**WORK TO COMPLETE:** Each entry has to be reproduced in full, exactly as given.

**TASK MATERIAL:**
☆ ☆ ☆ ☆ ☆ ☆ ☆

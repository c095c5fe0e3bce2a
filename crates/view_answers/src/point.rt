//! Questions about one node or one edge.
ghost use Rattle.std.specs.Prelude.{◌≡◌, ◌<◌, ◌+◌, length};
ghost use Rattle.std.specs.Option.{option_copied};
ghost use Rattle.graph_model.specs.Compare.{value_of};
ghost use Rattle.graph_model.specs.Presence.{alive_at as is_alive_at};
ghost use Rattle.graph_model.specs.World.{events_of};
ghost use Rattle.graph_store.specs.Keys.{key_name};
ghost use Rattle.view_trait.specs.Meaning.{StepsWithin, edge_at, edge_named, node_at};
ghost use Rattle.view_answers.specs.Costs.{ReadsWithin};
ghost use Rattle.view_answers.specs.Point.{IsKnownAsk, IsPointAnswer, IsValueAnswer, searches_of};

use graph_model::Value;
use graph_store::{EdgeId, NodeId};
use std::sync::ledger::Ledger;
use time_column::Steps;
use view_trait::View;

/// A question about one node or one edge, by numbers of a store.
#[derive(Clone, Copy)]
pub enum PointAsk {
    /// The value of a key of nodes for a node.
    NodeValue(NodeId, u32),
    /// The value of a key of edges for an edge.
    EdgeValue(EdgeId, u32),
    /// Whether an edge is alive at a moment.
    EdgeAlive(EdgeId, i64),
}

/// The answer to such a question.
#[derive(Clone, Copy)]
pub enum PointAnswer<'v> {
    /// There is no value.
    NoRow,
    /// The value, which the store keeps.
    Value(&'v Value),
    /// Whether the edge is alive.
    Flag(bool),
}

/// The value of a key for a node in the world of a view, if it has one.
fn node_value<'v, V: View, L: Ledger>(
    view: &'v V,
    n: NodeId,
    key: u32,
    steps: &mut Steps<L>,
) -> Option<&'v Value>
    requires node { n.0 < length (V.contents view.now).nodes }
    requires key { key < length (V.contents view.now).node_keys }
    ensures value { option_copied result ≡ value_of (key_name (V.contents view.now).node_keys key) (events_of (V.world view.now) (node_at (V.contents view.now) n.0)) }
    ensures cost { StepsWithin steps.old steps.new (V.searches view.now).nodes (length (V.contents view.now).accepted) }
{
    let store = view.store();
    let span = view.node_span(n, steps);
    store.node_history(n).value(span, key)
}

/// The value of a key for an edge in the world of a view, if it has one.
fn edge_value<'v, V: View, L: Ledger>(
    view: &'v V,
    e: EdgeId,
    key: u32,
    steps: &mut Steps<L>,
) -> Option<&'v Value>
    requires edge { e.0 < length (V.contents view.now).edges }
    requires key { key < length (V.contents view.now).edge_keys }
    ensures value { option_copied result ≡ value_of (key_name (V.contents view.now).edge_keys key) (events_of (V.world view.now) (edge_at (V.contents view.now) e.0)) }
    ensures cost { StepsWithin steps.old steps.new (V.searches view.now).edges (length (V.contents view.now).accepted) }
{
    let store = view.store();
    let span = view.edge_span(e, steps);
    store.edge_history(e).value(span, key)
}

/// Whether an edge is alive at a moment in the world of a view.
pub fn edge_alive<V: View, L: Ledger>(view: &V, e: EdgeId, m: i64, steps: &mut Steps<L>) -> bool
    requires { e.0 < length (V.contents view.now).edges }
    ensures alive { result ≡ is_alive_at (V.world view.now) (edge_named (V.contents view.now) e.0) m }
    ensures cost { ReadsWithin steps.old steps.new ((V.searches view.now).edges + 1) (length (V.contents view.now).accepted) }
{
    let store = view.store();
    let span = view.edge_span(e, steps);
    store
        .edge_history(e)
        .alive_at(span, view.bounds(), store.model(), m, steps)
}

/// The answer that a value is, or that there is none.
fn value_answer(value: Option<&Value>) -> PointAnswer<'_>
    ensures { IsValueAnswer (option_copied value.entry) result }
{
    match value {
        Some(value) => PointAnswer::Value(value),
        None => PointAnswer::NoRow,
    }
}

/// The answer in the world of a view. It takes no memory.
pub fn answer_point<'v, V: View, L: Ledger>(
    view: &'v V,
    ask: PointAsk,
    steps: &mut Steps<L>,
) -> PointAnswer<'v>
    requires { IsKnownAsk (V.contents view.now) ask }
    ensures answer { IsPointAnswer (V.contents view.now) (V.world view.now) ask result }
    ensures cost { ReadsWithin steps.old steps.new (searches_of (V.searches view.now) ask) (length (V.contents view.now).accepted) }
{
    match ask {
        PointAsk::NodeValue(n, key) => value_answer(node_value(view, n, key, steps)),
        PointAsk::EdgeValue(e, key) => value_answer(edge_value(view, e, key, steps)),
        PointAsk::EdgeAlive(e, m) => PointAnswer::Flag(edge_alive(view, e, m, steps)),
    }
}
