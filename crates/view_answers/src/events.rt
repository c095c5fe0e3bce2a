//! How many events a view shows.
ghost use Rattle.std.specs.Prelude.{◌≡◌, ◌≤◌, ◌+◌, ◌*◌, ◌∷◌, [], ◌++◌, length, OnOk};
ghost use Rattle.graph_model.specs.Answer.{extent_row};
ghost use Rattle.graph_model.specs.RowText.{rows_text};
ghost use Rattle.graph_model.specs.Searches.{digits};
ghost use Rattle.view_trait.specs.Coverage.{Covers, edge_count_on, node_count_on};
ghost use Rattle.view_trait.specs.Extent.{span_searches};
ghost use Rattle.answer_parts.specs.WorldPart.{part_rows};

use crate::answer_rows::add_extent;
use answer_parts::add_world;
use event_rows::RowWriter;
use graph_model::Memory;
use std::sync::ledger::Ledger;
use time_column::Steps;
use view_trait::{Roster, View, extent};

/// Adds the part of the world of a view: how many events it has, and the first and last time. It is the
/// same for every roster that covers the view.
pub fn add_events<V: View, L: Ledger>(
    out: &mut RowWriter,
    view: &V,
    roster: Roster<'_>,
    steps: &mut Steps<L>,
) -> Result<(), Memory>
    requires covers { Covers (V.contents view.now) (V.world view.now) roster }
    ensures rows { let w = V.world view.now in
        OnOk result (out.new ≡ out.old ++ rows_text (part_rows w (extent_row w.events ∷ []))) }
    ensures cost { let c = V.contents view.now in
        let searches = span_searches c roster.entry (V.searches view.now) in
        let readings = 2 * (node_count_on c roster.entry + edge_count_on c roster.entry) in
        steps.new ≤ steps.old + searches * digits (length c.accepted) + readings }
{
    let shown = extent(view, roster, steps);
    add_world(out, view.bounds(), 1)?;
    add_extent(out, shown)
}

☆ ☆ ☆ ☆ ☆ ☆ ☆

**ANSWER BOX:**
repository c095c5fe0e3bce2a
filename crates/view_answers/src/point.rt
//! Questions about one node or one edge.
ghost use Rattle.std.specs.Prelude.{◌≡◌, ◌<◌, ◌+◌, length};
ghost use Rattle.std.specs.Option.{option_copied};
ghost use Rattle.graph_model.specs.Compare.{value_of};
ghost use Rattle.graph_model.specs.Presence.{alive_at as is_alive_at};
ghost use Rattle.graph_model.specs.World.{events_of};
ghost use Rattle.graph_store.specs.Keys.{key_name};
ghost use Rattle.view_trait.specs.Meaning.{StepsWithin, edge_at, edge_named, node_at};
ghost use Rattle.view_answers.specs.Costs.{ReadsWithin};
ghost use Rattle.view_answers.specs.Point.{IsKnownAsk, IsPointAnswer, IsValueAnswer, searches_of};

use graph_model::Value;
use graph_store::{EdgeId, NodeId};
use std::sync::ledger::Ledger;
use time_column::Steps;
use view_trait::View;

/// A question about one node or one edge, by numbers of a store.
#[derive(Clone, Copy)]
pub enum PointAsk {
    /// The value of a key of nodes for a node.
    NodeValue(NodeId, u32),
    /// The value of a key of edges for an edge.
    EdgeValue(EdgeId, u32),
    /// Whether an edge is alive at a moment.
    EdgeAlive(EdgeId, i64),
}

/// The answer to such a question.
#[derive(Clone, Copy)]
pub enum PointAnswer<'v> {
    /// There is no value.
    NoRow,
    /// The value, which the store keeps.
    Value(&'v Value),
    /// Whether the edge is alive.
    Flag(bool),
}

/// The value of a key for a node in the world of a view, if it has one.
fn node_value<'v, V: View, L: Ledger>(
    view: &'v V,
    n: NodeId,
    key: u32,
    steps: &mut Steps<L>,
) -> Option<&'v Value>
    requires node { n.0 < length (V.contents view.now).nodes }
    requires key { key < length (V.contents view.now).node_keys }
    ensures value { option_copied result ≡ value_of (key_name (V.contents view.now).node_keys key) (events_of (V.world view.now) (node_at (V.contents view.now) n.0)) }
    ensures cost { StepsWithin steps.old steps.new (V.searches view.now).nodes (length (V.contents view.now).accepted) }
{
    let store = view.store();
    let span = view.node_span(n, steps);
    store.node_history(n).value(span, key)
}

/// The value of a key for an edge in the world of a view, if it has one.
fn edge_value<'v, V: View, L: Ledger>(
    view: &'v V,
    e: EdgeId,
    key: u32,
    steps: &mut Steps<L>,
) -> Option<&'v Value>
    requires edge { e.0 < length (V.contents view.now).edges }
    requires key { key < length (V.contents view.now).edge_keys }
    ensures value { option_copied result ≡ value_of (key_name (V.contents view.now).edge_keys key) (events_of (V.world view.now) (edge_at (V.contents view.now) e.0)) }
    ensures cost { StepsWithin steps.old steps.new (V.searches view.now).edges (length (V.contents view.now).accepted) }
{
    let store = view.store();
    let span = view.edge_span(e, steps);
    store.edge_history(e).value(span, key)
}

/// Whether an edge is alive at a moment in the world of a view.
pub fn edge_alive<V: View, L: Ledger>(view: &V, e: EdgeId, m: i64, steps: &mut Steps<L>) -> bool
    requires { e.0 < length (V.contents view.now).edges }
    ensures alive { result ≡ is_alive_at (V.world view.now) (edge_named (V.contents view.now) e.0) m }
    ensures cost { ReadsWithin steps.old steps.new ((V.searches view.now).edges + 1) (length (V.contents view.now).accepted) }
{
    let store = view.store();
    let span = view.edge_span(e, steps);
    store
        .edge_history(e)
        .alive_at(span, view.bounds(), store.model(), m, steps)
}

/// The answer that a value is, or that there is none.
fn value_answer(value: Option<&Value>) -> PointAnswer<'_>
    ensures { IsValueAnswer (option_copied value.entry) result }
{
    match value {
        Some(value) => PointAnswer::Value(value),
        None => PointAnswer::NoRow,
    }
}

/// The answer in the world of a view. It takes no memory.
pub fn answer_point<'v, V: View, L: Ledger>(
    view: &'v V,
    ask: PointAsk,
    steps: &mut Steps<L>,
) -> PointAnswer<'v>
    requires { IsKnownAsk (V.contents view.now) ask }
    ensures answer { IsPointAnswer (V.contents view.now) (V.world view.now) ask result }
    ensures cost { ReadsWithin steps.old steps.new (searches_of (V.searches view.now) ask) (length (V.contents view.now).accepted) }
{
    match ask {
        PointAsk::NodeValue(n, key) => value_answer(node_value(view, n, key, steps)),
        PointAsk::EdgeValue(e, key) => value_answer(edge_value(view, e, key, steps)),
        PointAsk::EdgeAlive(e, m) => PointAnswer::Flag(edge_alive(view, e, m, steps)),
    }
}
filename crates/view_answers/src/events.rt
repository c095c5fe0e3bce2a
//! How many events a view shows.
ghost use Rattle.std.specs.Prelude.{◌≡◌, ◌≤◌, ◌+◌, ◌*◌, ◌∷◌, [], ◌++◌, length, OnOk};
ghost use Rattle.graph_model.specs.Answer.{extent_row};
ghost use Rattle.graph_model.specs.RowText.{rows_text};
ghost use Rattle.graph_model.specs.Searches.{digits};
ghost use Rattle.view_trait.specs.Coverage.{Covers, edge_count_on, node_count_on};
ghost use Rattle.view_trait.specs.Extent.{span_searches};
ghost use Rattle.answer_parts.specs.WorldPart.{part_rows};

use crate::answer_rows::add_extent;
use answer_parts::add_world;
use event_rows::RowWriter;
use graph_model::Memory;
use std::sync::ledger::Ledger;
use time_column::Steps;
use view_trait::{Roster, View, extent};

/// Adds the part of the world of a view: how many events it has, and the first and last time. It is the
/// same for every roster that covers the view.
pub fn add_events<V: View, L: Ledger>(
    out: &mut RowWriter,
    view: &V,
    roster: Roster<'_>,
    steps: &mut Steps<L>,
) -> Result<(), Memory>
    requires covers { Covers (V.contents view.now) (V.world view.now) roster }
    ensures rows { let w = V.world view.now in
        OnOk result (out.new ≡ out.old ++ rows_text (part_rows w (extent_row w.events ∷ []))) }
    ensures cost { let c = V.contents view.now in
        let searches = span_searches c roster.entry (V.searches view.now) in
        let readings = 2 * (node_count_on c roster.entry + edge_count_on c roster.entry) in
        steps.new ≤ steps.old + searches * digits (length c.accepted) + readings }
{
    let shown = extent(view, roster, steps);
    add_world(out, view.bounds(), 1)?;
    add_extent(out, shown)
}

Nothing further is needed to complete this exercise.